AMSTERDAM - Het Nederlands Lucht- en Ruimtevaartcentrum mag zichzelf vanaf nu Koninklijk noemen. Het kennisinstituut ontving dit predicaat op haar honderdste verjaardag van Arthur van Dijk, de commissaris van de Koning in Noord-Holland.
“NLR is het eerste en enige onderzoekscentrum dat zich volledig richt op een duurzame, efficiënte, en veilige lucht- en ruimtevaart. Ik ben blij dat ik uw eeuwfeest kan voorzien van een feestelijke en prestigieuze bekroning”, aldus Van Dijk.

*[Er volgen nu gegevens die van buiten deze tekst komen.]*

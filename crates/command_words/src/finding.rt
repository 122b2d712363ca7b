//! The values that `clap` finds at the words.
ghost use Rattle.std.specs.Prelude.{◌≡◌, ◌<◌, ◌≤◌, ◌-◌, ◌^◌, IfSome, option_map, codes};
ghost use Rattle.clap.specs.Words.{first_of};
ghost use Rattle.command_words.specs.Laws.Words.{AreOptions, number_in, options_of};
ghost use Rattle.command_words.specs.Command.{options_in};
ghost use Rattle.command_words.specs.Finding.{AreIn, HasNumbers, WritesWithin, rows_in};

use crate::{ABSENCE_LIMIT, Options};
use clap::ArgMatches;
use wf_names::{LANE_LIMIT, ROUND_LIMIT};

/// The words and numbers that a command finds, each where it has it.
#[derive(Clone, Copy)]
pub(crate) struct Found<'a> {
    pub(crate) policy: Option<&'a str>,
    pub(crate) flow: Option<&'a str>,
    pub(crate) requests: Option<&'a str>,
    pub(crate) transcript: Option<&'a str>,
    pub(crate) model: Option<&'a str>,
    pub(crate) absences: Option<u8>,
    pub(crate) seed: Option<u64>,
    pub(crate) options: Option<Options>,
}

/// The words and numbers that were found.
pub(crate) fn found_in<'a>(matches: &ArgMatches<'a>) -> Found<'a>
    requires numbers { HasNumbers (rows_in matches.now) }
    ensures { AreIn (rows_in matches.now) result }
{
    Found {
        policy: word_in(matches, "POLICY"),
        flow: word_in(matches, "FLOW"),
        requests: word_in(matches, "REQUESTS"),
        transcript: word_in(matches, "TRANSCRIPT"),
        model: word_in(matches, "MODEL"),
        absences: number_in(matches, "T", 0, ABSENCE_LIMIT),
        seed: seed_in(matches),
        options: options_in(matches),
    }
}

// The word that was found under a name.
fn word_in<'a>(matches: &ArgMatches<'a>, name: &str) -> Option<&'a str>
    ensures { option_map (λ s. s.now) result ≡ first_of name.now (rows_in matches.now) }
{
    matches.get_str(name)
}

// The number that was found under a name, which is within these bounds.
fn number_in(matches: &ArgMatches<'_>, name: &str, least: u8, most: u8) -> Option<u8>
    requires within { WritesWithin least most name.now (rows_in matches.now) }
    ensures number { result ≡ number_in name.now (rows_in matches.now) }
    ensures within { IfSome result (λ n. (least ≤ n) × (n ≤ most)) }
{
    matches.get_one::<u8>(name)
}

// The number that was found as the seed.
fn seed_in(matches: &ArgMatches<'_>) -> Option<u64>
    requires within { WritesWithin 0 (2 ^ 64 - 1) (codes "SEED") (rows_in matches.now) }
    ensures { result ≡ number_in (codes "SEED") (rows_in matches.now) }
{
    matches.get_one::<u64>("SEED")
}

// The options of a session that were found.
fn options_in(matches: &ArgMatches<'_>) -> Option<Options>
    requires numbers { HasNumbers (rows_in matches.now) }
    ensures options { option_map options_in result ≡ options_of (rows_in matches.now) }
    ensures within { IfSome result (λ o. AreOptions (options_in o)) }
{
    let lanes = number_in(matches, "lanes", 1, LANE_LIMIT)?;
    let rounds = number_in(matches, "rounds", 0, ROUND_LIMIT)?;
    Some(Options { lanes, rounds })
}
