// A message as one frame at partition k, for a caller who has read the record's numbers and knows that one frame holds it: the shorter path
// of an offer, which works out no fragments.
pub fn append_one(
    numbers: Reading,
    log: &mut [u8],
    partition: usize,
    message: &[u8],
    reserved_value: i64,
    term_id: usize,
) -> Way
    ensures value { result ≡ claim_way numbers log.old partition (length message.now) term_id }
    ensures log_after { log.new ≡ one_way_bytes numbers log.old partition message.now (long reserved_value) term_id }
{
    if !good_claiming(numbers, partition, message.len()) {
        return way::refused(Error::IllegalArgument);
    }
    let bits = cast::long(reserved_value);
    let course = one_frame(numbers, log, partition, message, bits, term_id);
    way::way_by(
        numbers,
        (message.len() + HEADER_LENGTH + ALIGNMENT_MASK) / FRAME_ALIGNMENT * FRAME_ALIGNMENT,
        course,
    )
}

// Whether so many bytes have room at the tail, in a log of n bytes.
fn has_room(v: Reading, n: usize, needed: usize) -> bool
    requires { needed < 9223372036854775808 }
    ensures { result ≡ has_room v n needed }
{
    if v.offset > 2147483647 {
        return false;
    }
    if v.term > TERM_MAX_LENGTH {
        return false;
    }
    if n != PARTITION_COUNT * v.term {
        return false;
    }
    v.offset + needed <= v.term
}

// Whether a frame with a body of m bytes fits at the tail of partition k.
fn fits(v: Reading, n: usize, k: usize, m: usize) -> bool
    ensures { result ≡ frame_fits v n k m }
{
    if !good_claiming(v, k, m) {
        return false;
    }
    has_room(
        v,
        n,
        (m + HEADER_LENGTH + ALIGNMENT_MASK) / FRAME_ALIGNMENT * FRAME_ALIGNMENT,
    )
}

// A message as one frame at partition k where it fits, and the offset after it; none, and the log left as it was, where it does not. It is for a
// caller who moves the tail by himself and has another path for all that does not fit.
pub fn append_fit(
    numbers: Reading,
    log: &mut [u8],
    partition: usize,
    message: &[u8],
    reserved_value: i64,
) -> Option<usize>
    ensures value { result ≡ fit_end numbers log.old partition (length message.now) }
    ensures log_after { log.new ≡ message_fit_bytes numbers log.old partition message.now (long reserved_value) }
{
    if !fits(numbers, log.len(), partition, message.len()) {
        return None;
    }
    let term = numbers.term;
    let offset = numbers.offset;
    header::write_fragment(
        log,
        partition * term + offset,
        numbers,
        offset,
        UNFRAGMENTED,
        cast::long(reserved_value),
        message,
    );
    Some(
        offset
            + (message.len() + HEADER_LENGTH + ALIGNMENT_MASK) / FRAME_ALIGNMENT * FRAME_ALIGNMENT,
    )
}

// The same for a message in fragments: where all its frames fit, and the offset after the last of them.
#[tactic(auto, unfolding(crate::specs::Ways::frames_fit))]
pub fn append_fragmented_fit(
    numbers: Reading,
    log: &mut [u8],
    partition: usize,
    payload_limit: usize,
    message: &[u8],
    reserved_value: i64,
) -> Option<usize>
    ensures value { result ≡ fragmented_end numbers log.old partition payload_limit (length message.now) }
    ensures log_after { log.new ≡ fragmented_fit_bytes numbers log.old partition payload_limit message.now (long reserved_value) }
{
    if !good_append(numbers, partition, payload_limit, message.len()) {
        return None;
    }
    let needed = need_of(payload_limit, message.len());
    if !has_room(numbers, log.len(), needed) {
        return None;
    }
    let term = numbers.term;
    let offset = numbers.offset;
    let bits = cast::long(reserved_value);
    write_fragments(log, partition * term, numbers, payload_limit, bits, message);
    Some(offset + needed)
}

// The same for the frame of a claim of so many bytes.
pub fn claim_fit(
    numbers: Reading,
    log: &mut [u8],
    partition: usize,
    body_length: usize,
) -> Option<usize>
    ensures value { result ≡ fit_end numbers log.old partition body_length }
    ensures log_after { log.new ≡ claim_fit_bytes numbers log.old partition body_length }
{
    if !fits(numbers, log.len(), partition, body_length) {
        return None;
    }
    let term = numbers.term;
    let offset = numbers.offset;
    header::write_claim(log, partition * term, numbers, body_length);
    Some(
        offset + (body_length + HEADER_LENGTH + ALIGNMENT_MASK) / FRAME_ALIGNMENT * FRAME_ALIGNMENT,
    )
}

// A message as one frame or as many, for a caller who has not read the record.
fn append_message(
    rec: LogRecord,
    log: &mut [u8],
    k: usize,
    payload: usize,
    message: &[u8],
    reserved: i64,
    term_id: i32,
) -> AppendReply
    ensures value { result ≡ message_reply rec log.old k payload message.now (word term_id) }
    ensures log_after { log.new ≡ message_bytes rec log.old k payload message.now (long reserved) (word term_id) }
{
    let v = log_buffer_descriptor::read(rec, k);
    let given = cast::word(term_id);
    let way = append_way(v, log, k, payload, message, reserved, given);
    way::append_reply(rec, k, way)
}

Michel Peters, algemeen directeur van NLR, is erg blij mee met deze toekenning. “Het is een bekroning op het werk van onze medewerkers. Hun kennis en kunde is en blijft de drijvende kracht achter baanbrekende innovaties.”
Historie
Nederland had vanwege de neutraliteit in de Eerste Wereldoorlog een achterstand opgelopen op het gebied van militaire luchtvaart. Op 5 april 1919 werd daarom de Rijks-Studiedienst voor de Luchtvaart (RSL) opgericht, de voorloper van het huidige NLR.

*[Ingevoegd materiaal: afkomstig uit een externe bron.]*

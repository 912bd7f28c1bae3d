// Find cards written and read: every field alone, all together, the shortest and the longest, and cards and bytes that are broken. A
// line for each: what it is; the length, or the card with its bits first and where its note starts; or the refusal's number. The
// stored output was worked out from document 02.
#![tactic(auto)]

use card::{Card, CardError};
use std::io;
use std::io::Write;

// The bytes of its numbers are 1 to 12, one after another, but for the material.
fn card_of(bits: u8, material: u8) -> Card {
    Card {
        bits,
        find: 67305985,
        trench: 1541,
        context: 2055,
        material,
        weight: 202050057,
    }
}

fn print_card(rt: &impl Print, card: Card, note_start: usize, note: &[u8]) -> io::Result<()> {
    let Card {
        bits,
        find,
        trench,
        context,
        material,
        weight,
    } = card;
    print!(rt;
        ": card {bits} {find} {trench} {context} {material} {weight}, note at {note_start}: \""
    )?;
    io::writer(rt).write_all(note)?;
    println!(rt; "\"")
}

fn read(rt: &impl Print, name: &str, bytes: &[u8]) -> io::Result<()> {
    print!(rt; "{name}")?;
    match card::read(bytes) {
        Ok(found) => print_card(rt, found.card, found.note_start, card::note(bytes)),
        Err(refusal) => println!(rt; ": {refusal}"),
    }
}

// The first n bytes, as far as there are so many.
fn first(bytes: &[u8], n: usize) -> &[u8] {
    bytes.get(..n).unwrap_or(&[])
}

// Written into bytes of 255, all shown, and read back.
fn there_and_back(rt: &impl Print, name: &str, card: Card, note: &[u8]) -> io::Result<()> {
    let mut out = [255u8; 20];
    print!(rt; "{name}: ")?;
    match card::write(card, note, &mut out) {
        Ok(n) => {
            print!(rt; "length {n}, bytes")?;
            for byte in &out {
                print!(rt; " {byte}")?;
            }
            println!(rt)?;
            read(rt, "  read back", first(&out, n))
        }
        Err(refusal) => println!(rt; "{refusal}"),
    }
}

// A refusal, and whether the output is as it was, all 255.
fn print_refused(rt: &impl Print, refusal: CardError, out: &[u8]) -> io::Result<()> {
    let left = if out.iter().all(|byte| *byte == 255) {
        "all as it was"
    } else {
        "written to"
    };
    println!(rt; "{refusal}, {left}")
}

// Written into the first `room` bytes, which are 255.
fn write(
    rt: &impl Print,
    name: &str,
    card: Card,
    note: &[u8],
    out: &mut [u8],
    room: usize,
) -> io::Result<()> {
    let Some(part) = out.get_mut(..room) else {
        return Ok(());
    };
    print!(rt; "{name}: ")?;
    match card::write(card, note, part) {
        Ok(n) => println!(rt; "length {n}"),
        Err(refusal) => print_refused(rt, refusal, out),
    }
}

fn fields(rt: &impl Print) -> io::Result<()> {
    let cases: [(&str, u8, u8, &[u8]); 8] = [
        ("find alone, the shortest", 1, 0, b""),
        ("trench", 3, 0, b""),
        ("context", 5, 0, b""),
        ("material", 9, 9, b""),
        ("weight", 17, 0, b""),
        ("note", 33, 0, b"hi"),
        ("context and note", 37, 0, b"hi"),
        ("all six", 63, 9, b"hi"),
    ];
    for (name, bits, material, note) in cases {
        there_and_back(rt, name, card_of(bits, material), note)?;
    }
    Ok(())
}

fn longest(rt: &impl Print) -> io::Result<()> {
    let note = [b'7'; 255];
    let mut out = [255u8; 271];
    let mut short = [255u8; 269];
    write(rt, "longest", card_of(63, 1), &note, &mut out, 271)?;
    read(rt, "  read back", first(&out, 270))?;
    write(rt, "  in 269 bytes", card_of(63, 1), &note, &mut short, 269)?;
    read(rt, "  and a byte more", &out)
}

// Into a fresh output each time, so that a refusal shows it as it was.
fn judged(rt: &impl Print, name: &str, card: Card, note: &[u8], room: usize) -> io::Result<()> {
    let mut out = [255u8; 20];
    write(rt, name, card, note, &mut out, room)
}

fn broken_cards(rt: &impl Print) -> io::Result<()> {
    let cases = [
        ("bits 0", 0, 1),
        ("bit 0 off", 2, 1),
        ("bit 6 on", 65, 1),
        ("bit 7 on", 129, 1),
        ("material 0", 9, 0),
        ("material 1", 9, 1),
        ("material 9", 9, 9),
        ("material 10", 9, 10),
    ];
    for (name, bits, material) in cases {
        judged(rt, name, card_of(bits, material), b"", 20)?;
    }
    Ok(())
}

fn broken_notes(rt: &impl Print) -> io::Result<()> {
    let long = [b'7'; 256];
    let cases: [(&str, u8, u8, &[u8], usize); 7] = [
        ("a note of 0 bytes", 33, 0, b"", 20),
        ("a note of 1", 33, 0, b"7", 20),
        ("a note of 256", 33, 0, &long, 20),
        ("bits off, material 10 and a note of 256", 1, 10, &long, 20),
        ("room for 4 of 5 bytes", 1, 0, b"", 4),
        ("room for 5", 1, 0, b"", 5),
        ("broken, and no room", 0, 0, b"", 0),
    ];
    for (name, bits, material, note, room) in cases {
        judged(rt, name, card_of(bits, material), note, room)?;
    }
    Ok(())
}

fn broken_bytes(rt: &impl Print) -> io::Result<()> {
    let cases: [(&str, &[u8]); 9] = [
        ("no bytes", b""),
        ("bits alone", &[1]),
        ("four bytes", &[1, 1, 0, 0]),
        ("five bytes", &[1, 1, 0, 0, 0]),
        ("six bytes", &[1, 1, 0, 0, 0, 0]),
        ("bit 0 off", &[0, 1, 0, 0, 0]),
        ("bit 0 off, a trench", &[2, 1, 0]),
        ("bit 6 on", &[65, 1, 0, 0, 0]),
        ("bit 7 on", &[129, 1, 0, 0, 0]),
    ];
    for (name, bytes) in cases {
        read(rt, name, bytes)?;
    }
    Ok(())
}

fn broken_fields(rt: &impl Print) -> io::Result<()> {
    let cases: [(&str, &[u8]); 12] = [
        ("the greatest find", &[1, 255, 255, 255, 255]),
        ("a trench cut short", &[3, 1, 0, 0, 0, 1]),
        ("a weight cut short", &[17, 1, 0, 0, 0, 1, 0, 0]),
        ("material 0", &[9, 1, 0, 0, 0, 0]),
        ("material 1", &[9, 1, 0, 0, 0, 1]),
        ("material 9", &[9, 1, 0, 0, 0, 9]),
        ("material 10", &[9, 1, 0, 0, 0, 10]),
        ("no length of a note", &[33, 1, 0, 0, 0]),
        ("a note of 0 bytes", &[33, 1, 0, 0, 0, 0]),
        ("a note of 1", &[33, 1, 0, 0, 0, 1, 104]),
        ("a note cut short", &[33, 1, 0, 0, 0, 2, 104]),
        ("a byte behind a note", &[33, 1, 0, 0, 0, 1, 104, 105]),
    ];
    for (name, bytes) in cases {
        read(rt, name, bytes)?;
    }
    Ok(())
}

fn run(rt: &impl Print) -> io::Result<()> {
    fields(rt)?;
    longest(rt)?;
    broken_cards(rt)?;
    broken_notes(rt)?;
    broken_bytes(rt)?;
    broken_fields(rt)
}

// What cannot be written is lost, and the program ends as it ends where all is written.
fn main(rt: HostRuntime) {
    let _ = run(&rt);
}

In de loop van de tijd is het takenpakket uitgebreid van kennis en regelgeving voor de militaire luchtvaart naar de civiele luchtvaart en ruimtevaart. De werkzaamheden van NLR beslaan intussen het volledige spectrum van Research Development Test & Evaluation (RDT&E).

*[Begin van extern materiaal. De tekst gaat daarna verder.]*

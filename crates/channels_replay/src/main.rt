// Replays scripts of channel calls from standard input, and prints what the channels answer: one line for each call.
//
//     o n m cells places    open n channels with m senders each, over memories of these lengths; ends the script before
//     s k w x               send poll of the element x on the channel k, with the waker w
//     r k w                 receive poll on the channel k, with the waker w
//     c k                   close one sender of the channel k
//     x k                   close the receiver of the channel k
//
// An answer is `opened`, `sent`, `wait`, `closed`, `element x`, `end`, `done` or `refused` and its number; where wakers are
// named, ` wake` and they follow in order. A line that is no call, or a call with no channels open, is answered `bad`.
#![tactic(auto)]

ghost use Rattle.std.specs.Prelude.{◌≡◌, ◌≤◌, IfSome};
ghost use Rattle.channels_replay.specs.Replies.{with_named, send_reply, receive_reply, close_reply, Performs};
ghost use Rattle.distributor_channels.specs.Calls.{seen};

use bank::{Bank, memory};
use distributor_channels::{Channels, Memories, ReceivePoll, Refused, SendPoll, Woken};
use refusal::Refusal;
use std::alloc::Global;
use std::io::{BufRead, BufReader, BufWriter, Write};
use std::str::SplitWhitespace;
use std::{fmt, io};

// The longest memory that a script may ask for: one cell more than the channels accept.
const LONGEST: u32 = 65536;

// What a script begins with.
#[derive(Clone, Copy)]
struct Opening {
    n: u32,
    senders: u32,
    cells: u32,
    places: u32,
}

// A call on open channels.
#[derive(Clone, Copy)]
enum Call {
    Send {
        channel: usize,
        waker: u32,
        element: u32,
    },
    Receive {
        channel: usize,
        waker: u32,
    },
    CloseSender {
        channel: usize,
    },
    CloseReceiver {
        channel: usize,
    },
}

// What a line says, if it says anything.
#[derive(Clone, Copy)]
enum Line {
    Open(Opening),
    Act(Call),
}

// What a call is answered.
#[derive(Clone, Copy)]
enum Answer {
    Sent,
    Wait,
    Closed,
    Element(u32),
    End,
    Done,
    Refused(Refusal),
}

// An answer, and how many wakers stand at the front of the woken list.
#[derive(Clone, Copy)]
struct Reply {
    answer: Answer,
    named: usize,
}

impl fmt::Display for Answer {
    fn fmt<W: fmt::Write>(&self, f: &mut fmt::Formatter<W>) -> fmt::Result {
        match self {
            Answer::Sent => write!(f, "sent"),
            Answer::Wait => write!(f, "wait"),
            Answer::Closed => write!(f, "closed"),
            Answer::Element(x) => write!(f, "element {x}"),
            Answer::End => write!(f, "end"),
            Answer::Done => write!(f, "done"),
            Answer::Refused(why) => write!(f, "{why}"),
        }
    }
}

// An answer that names nobody.
impl From<Answer> for Reply {
    ghost from_gives = { λ answer reply. reply ≡ with_named answer 0 };

    fn from(answer: Answer) -> Reply {
        Reply { answer, named: 0 }
    }
}

// The reply to a send poll.
impl From<Result<SendPoll<u32>, Refused<u32>>> for Reply {
    ghost from_gives = { λ polled reply. reply ≡ send_reply polled };

    fn from(polled: Result<SendPoll<u32>, Refused<u32>>) -> Reply {
        match polled {
            Ok(SendPoll::Sent(named)) => Reply {
                answer: Answer::Sent,
                named,
            },
            Ok(SendPoll::Wait(_)) => Answer::Wait.into(),
            Ok(SendPoll::Closed(_)) => Answer::Closed.into(),
            Err(refused) => Answer::Refused(refused.why).into(),
        }
    }
}

// The reply to a receive poll.
impl From<Result<ReceivePoll<u32>, Refusal>> for Reply {
    ghost from_gives = { λ polled reply. reply ≡ receive_reply polled };

    fn from(polled: Result<ReceivePoll<u32>, Refusal>) -> Reply {
        match polled {
            Ok(ReceivePoll::Element(x, named)) => Reply {
                answer: Answer::Element(x),
                named,
            },
            Ok(ReceivePoll::Wait) => Answer::Wait.into(),
            Ok(ReceivePoll::End) => Answer::End.into(),
            Err(why) => Answer::Refused(why).into(),
        }
    }
}

// The reply to a close.
impl From<Result<usize, Refusal>> for Reply {
    ghost from_gives = { λ closed reply. reply ≡ close_reply closed };

    fn from(closed: Result<usize, Refusal>) -> Reply {
        match closed {
            Ok(named) => Reply {
                answer: Answer::Done,
                named,
            },
            Err(why) => Answer::Refused(why).into(),
        }
    }
}

// The next word, as a number of at most `most`.
fn number(words: &mut SplitWhitespace, most: u32) -> Option<u32>
    ensures { IfSome result (λ x. x ≤ most) }
{
    words.next()?.parse().ok().filter(|x| *x <= most)
}

// The next word, as a channel.
fn channel(words: &mut SplitWhitespace) -> Option<usize> {
    number(words, u32::MAX).map(|k| k as usize)
}

// What the line `text` says: a first word that tells which, and the numbers behind it.
fn read(text: &str) -> Option<Line> {
    let mut words = text.split_whitespace();
    let line = match words.next()? {
        "o" => Line::Open(Opening {
            n: number(&mut words, u32::MAX)?,
            senders: number(&mut words, u32::MAX)?,
            cells: number(&mut words, LONGEST)?,
            places: number(&mut words, LONGEST)?,
        }),
        "s" => Line::Act(Call::Send {
            channel: channel(&mut words)?,
            waker: number(&mut words, u32::MAX)?,
            element: number(&mut words, u32::MAX)?,
        }),
        "r" => Line::Act(Call::Receive {
            channel: channel(&mut words)?,
            waker: number(&mut words, u32::MAX)?,
        }),
        "c" => Line::Act(Call::CloseSender {
            channel: channel(&mut words)?,
        }),
        "x" => Line::Act(Call::CloseReceiver {
            channel: channel(&mut words)?,
        }),
        _ => return None,
    };
    words.next().is_none().then_some(line)
}

// Makes a call.
fn perform(channels: &mut Channels, memories: &mut Memories<u32>, call: Call) -> Reply
    ensures { Performs call channels.old (seen memories.old) channels.new (seen memories.new) result }
{
    match call {
        Call::Send {
            channel,
            waker,
            element,
        } => channels.send_poll(memories, channel, waker, element).into(),
        Call::Receive { channel, waker } => channels.receive_poll(memories, channel, waker).into(),
        Call::CloseSender { channel } => channels.close_sender(memories, channel).into(),
        Call::CloseReceiver { channel } => channels.close_receiver(memories, channel).into(),
    }
}

// Prints a reply, with the wakers that it names. No Display, since they stand in the woken list and not in the reply.
fn print<W: Write>(out: &mut W, reply: Reply, woken: &[u32]) -> io::Result<()> {
    let answer = reply.answer;
    write!(out, "{answer}")?;
    if reply.named > 0 {
        write!(out, " wake")?;
    }
    for waker in woken.iter().take(reply.named) {
        write!(out, " {waker}")?;
    }
    writeln!(out)
}

// Answers lines that find no channels open.
fn all_bad<W: Write>(out: &mut W, lines: &[Option<Line>]) -> io::Result<()> {
    for _ in lines {
        writeln!(out, "bad")?;
    }
    Ok(())
}

// Opens channels and makes the calls of a script on them.
fn run<W: Write>(
    out: &mut W,
    heap: Global,
    opening: Opening,
    lines: &[Option<Line>],
) -> io::Result<()> {
    let mut cells = memory(heap, opening.cells as usize)?;
    let mut places = memory(heap, opening.places as usize)?;
    let mut list = vec![in heap; 0; opening.places as usize]?;
    let mut memories = Memories {
        elements: Bank::new(&mut cells),
        entries: Bank::new(&mut places),
        woken: Woken { list: &mut list },
    };
    let mut channels = match Channels::open(&memories, opening.n as usize, opening.senders) {
        Ok(channels) => channels,
        Err(why) => {
            print(out, Answer::Refused(why).into(), &[])?;
            return all_bad(out, lines);
        }
    };
    writeln!(out, "opened")?;
    for line in lines {
        match line {
            Some(Line::Act(call)) => {
                let reply = perform(&mut channels, &mut memories, *call);
                print(out, reply, memories.woken.list)?;
            }
            _ => writeln!(out, "bad")?,
        }
    }
    Ok(())
}

// Runs a script: an opening with what follows it, or what stands before the first one.
fn script<W: Write>(out: &mut W, heap: Global, lines: &[Option<Line>]) -> io::Result<()> {
    match lines {
        [Some(Line::Open(opening)), calls @ ..] => run(out, heap, *opening, calls),
        _ => all_bad(out, lines),
    }
}

fn main(rt: HostRuntime) -> io::Result<()> {
    let heap = rt.alloc();
    let mut out = BufWriter::new(heap, rt.stdout())?;
    let mut lines = Vec::new(heap);
    for text in BufReader::new(heap, rt.stdin())?.lines(heap) {
        let line = read(text?.as_str());
        if matches!(line, Some(Line::Open(_))) {
            script(&mut out, heap, &lines)?;
            lines.clear();
        }
        lines.push(line)?;
    }
    script(&mut out, heap, &lines)?;
    out.flush()
}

De NLR is onder andere verantwoordelijk voor de ontwikkeling van de eerste remkleppen op een vliegtuig (1921), de eerste digitale recorder (1962) en 's werelds eerste infrarood astronomische satelliet IRAS (1983).
Bij de organisatie werken 630 medewerkers, verdeeld over vestigingen in Amsterdam, Marknesse, Schiphol en Noordwijk.